É uma parada das mais indigestas a que Angelo Vanhoni está enfrentando nesse segundo turno, para suplantar o oponente Beto Richa, que ganhou a primeira rodada. Cacife para a eleição no segundo turno? É difícil afirmar, embora se saiba que o filho do ex-governador é o candidato preferencial do sistema oligárquico respaldado pela classe média, que nos últimos 16 anos tem empalmado o poder na capital.
Não há como minimizar a força desse grupo elitista, e as muitas maneiras que tem para influenciar os eleitores, sobretudo nos momentos em que sua hegemonia está a perigo de ser subvertida. Aliás, foi o que ocorreu na última eleição para a Prefeitura de Curitiba, quando o mesmo Angelo Vanhoni esteve a pique de eleger-se, mas foi literalmente massacrado por uma bateria de calúnias e difamações.
Na última semana antes daquela histórica votação, o contingente eleitoral do petista foi aos poucos sendo flanqueado pelo autêntico desespero do situacionismo ante a derrota iminente, de resto suplantado por exígua margem no dia da eleição. Ainda não se disse tudo (e nem se sabe) sobre aquele maquiavélico processo que logrou inculcar na alta burguesia um sentimento de terror pelo que, sussurravam, estava a ponto de desabar sobre a cidade, caso Vanhoni fosse eleito.
Como não se pode esconder o sol com peneira, Richa é o herdeiro presuntivo da mesma falange que elegeu Jaime Lerner, Rafael Greca e Cassio Taniguchi, apesar de suas inúmeras e bem ensaiadas proclamações de independência política. Se quisesse, realmente, ratificar o virtual desenlace dessa vizinhança incômoda, o único ato válido teria sido a renúncia do cargo de vice-prefeito, que ainda ostenta no currículo.

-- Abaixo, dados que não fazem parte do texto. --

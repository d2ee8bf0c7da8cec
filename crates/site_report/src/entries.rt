// What the texts tell of entries.
ghost use Rattle.std.specs.Prelude.{◌≡◌, ◌++◌, length, map, OnOk, string_bytes, slice_get};
ghost use Rattle.std.specs.List.{flat_map, enumerate_from};
ghost use Rattle.isolate_run.specs.Ran.{ending_of};
ghost use Rattle.site_report.specs.Report.{trap_text, ending_text, told, told_by, printed, entry_head, entry_text, last_text, entry_line};

use byte_texts::{push, push_number, push_text};
use dart_values::Trap;
use ds_base::NoMemory;
use isolate_run::{Ended, Ending};
use program::Text;
use std::alloc::Global;

fn push_trap(alloc: Global, out: &mut Vec<u8>, trap: &Trap) -> Result<(), NoMemory>
    ensures { OnOk result (out.new.items ≡ out.old.items ++ trap_text trap.now) }
{
    match trap {
        Trap::TypeFault => push(out, b"TypeFault"),
        Trap::RangeFault => push(out, b"RangeFault"),
        Trap::DivideByZero => push(out, b"DivideByZero"),
        Trap::NegativeShift => push(out, b"NegativeShift"),
        Trap::NoSuchMethod(name) => {
            push(out, b"NoSuchMethod ")?;
            push_text(alloc, out, name.as_slice())
        }
        Trap::Thrown(text) => {
            push(out, b"Thrown ")?;
            push_text(alloc, out, text.as_slice())
        }
    }
}

fn push_ending(alloc: Global, out: &mut Vec<u8>, ending: &Ending) -> Result<(), NoMemory>
    ensures { OnOk result (out.new.items ≡ out.old.items ++ ending_text (ending_of ending.now)) }
{
    match ending {
        Ending::Done => push(out, b"done"),
        Ending::Threw(trap) => {
            push(out, b"threw ")?;
            push_trap(alloc, out, trap)
        }
        Ending::OutOfTurns => push(out, b"out of turns"),
        Ending::StackOverflow => push(out, b"stack overflow"),
    }
}

#[tactic(auto, unfolding(crate::specs::Report::printed))]
fn push_lines(alloc: Global, out: &mut Vec<u8>, lines: &[Text]) -> Result<(), NoMemory>
    ensures { OnOk result (out.new.items ≡ out.old.items ++ printed lines.now) }
{
    for line in lines {
        push_text(alloc, out, line.as_slice())?;
        push(out, b"\n")?;
    }
    Ok(())
}

#[tactic(auto, unfolding(crate::specs::Report::entry_head))]
fn push_head(out: &mut Vec<u8>, number: usize, name: &str) -> Result<(), NoMemory>
    ensures { OnOk result (out.new.items ≡ out.old.items ++ entry_head number name.now) }
{
    push(out, b"entry ")?;
    push_number(out, number)?;
    push(out, b" ")?;
    push(out, name.as_bytes())
}

#[tactic(auto, unfolding(crate::specs::Report::entry_text))]
fn push_entry(
    alloc: Global,
    out: &mut Vec<u8>,
    number: usize,
    name: &str,
    ended: &Ended,
) -> Result<(), NoMemory>
    ensures { OnOk result (out.new.items ≡ out.old.items ++ entry_text (number, told (name.now, ended.now))) }
{
    push_head(out, number, name)?;
    push(out, b"\n")?;
    push_lines(alloc, out, &ended.lines)?;
    push(out, b"end ")?;
    push_ending(alloc, out, &ended.ending)?;
    push(out, b"\n")
}

/// The part of each entry in the text of `run`.
pub fn push_entries(
    alloc: Global,
    out: &mut Vec<u8>,
    names: &[String],
    ended: &[Ended],
) -> Result<(), NoMemory>
    requires { length names.now ≡ length ended.now }
    ensures { OnOk result (out.new.items ≡ out.old.items ++ flat_map entry_text (enumerate_from 0 (told_by (map string_bytes names.now) ended.now))) }
{
    for number in 0..names.len() {
        push_entry(alloc, out, number, names[number].as_str(), &ended[number])?;
    }
    Ok(())
}

#[tactic(auto, unfolding(crate::specs::Report::last_text))]
fn push_last(alloc: Global, out: &mut Vec<u8>, lines: &[Text]) -> Result<(), NoMemory>
    ensures { OnOk result (out.new.items ≡ out.old.items ++ last_text lines.now) }
{
    let Some(line) = lines.last() else {
        return Ok(());
    };
    push(out, b" last ")?;
    push_text(alloc, out, line.as_slice())
}

#[tactic(auto, unfolding(crate::specs::Report::entry_line))]
fn push_line(
    alloc: Global,
    out: &mut Vec<u8>,
    number: usize,
    name: &str,
    ended: &Ended,
) -> Result<(), NoMemory>
    ensures { OnOk result (out.new.items ≡ out.old.items ++ entry_line (number, told (name.now, ended.now))) }
{
    push_head(out, number, name)?;
    push(out, b" lines ")?;
    let lines = ended.lines.as_slice();
    push_number(out, lines.len())?;
    push_last(alloc, out, lines)?;
    push(out, b" end ")?;
    push_ending(alloc, out, &ended.ending)?;
    push(out, b"\n")
}

/// The line of each entry in the text of `load`.
pub fn push_entry_lines(
    alloc: Global,
    out: &mut Vec<u8>,
    names: &[String],
    ended: &[Ended],
) -> Result<(), NoMemory>
    requires { length names.now ≡ length ended.now }
    ensures { OnOk result (out.new.items ≡ out.old.items ++ flat_map entry_line (enumerate_from 0 (told_by (map string_bytes names.now) ended.now))) }
{
    for number in 0..names.len() {
        push_line(alloc, out, number, names[number].as_str(), &ended[number])?;
    }
    Ok(())
}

Durante o longo período desde a nomeação dos prefeitos das capitais e cidades situadas em faixas de fronteira, Curitiba teve apenas dois prefeitos autenticamente ligados aos movimentos populares: Maurício Fruet (nomeado por indicação do governador José Richa) e Roberto Requião, que derrotou Lerner por pequena margem, mesmo que até hoje se diga que houve corrupção eleitoral. Para se estabelecer a verdade, seria ótimo exercício investigativo remontar o papel desempenhado pelo governador da época, pai do candidato do PSDB, que hipotecou sua liderança e prestígio na eleição dos candidatos do PMDB, ganhando em Curitiba e nos 13 municípios fronteiriços.
No restante do tempo, os prefeitos eleitos em Curitiba sempre contaram com o irrestrito favor do grupo hegemônico na política e na economia. Visão emblemática desse poder de fogo e disposição de não arredar pé do Palácio 29 de Março, duela a quien duela, foi a atuação de Lerner na famosa campanha relâmpago dos 12 dias. Na ocasião, dois candidatos que se arrogavam o direito de envergar o manto e contar com a graça da burguesia (Algaci Túlio e Airton Cordeiro) foram “convencidos” a renunciar à legítima pretensão de serem prefeitos, a bem de um esquizóide e inconvincente prurido esotérico que fazia de Lerner o ungido dos deuses. É também dessa quadra a renúncia de Enéas Faria, que vinha de irreconciliável querela interna com o PMDB.
Como diz a sabedoria dos simples, não é boa coisa dar as costas à história, até porque ela é recente demais para ser esquecida. Vanhoni e seus aliados políticos, apesar de alguns até recentemente terem estado sob o estendal oligárquico, tentam derrubar o fortim guarnecido por gente que se perpetua na política pelo encilhamento da máquina pública a interesses de pessoas ou grupos restritos. Por isso, a luta não é fácil. Não se entende, e nem é concebível supor, que a classe dominante vá entregar sem resistência as cabeças de ponte (a Prefeitura de Curitiba é a principal) que, historicamente, detém na repartição do poder político e econômico no Estado.
O tempo é curto e por isso as dificuldades de Vanhoni aumentam. Sua mensagem aos eleitores, sem ódio ou rancor, com o é seu feitio, deve levá-los a decidir sem apelos passionais entre um modelo ultrapassado que ainda recende o bolor das capitanias hereditárias, e o que é de fato novo na política curitibana.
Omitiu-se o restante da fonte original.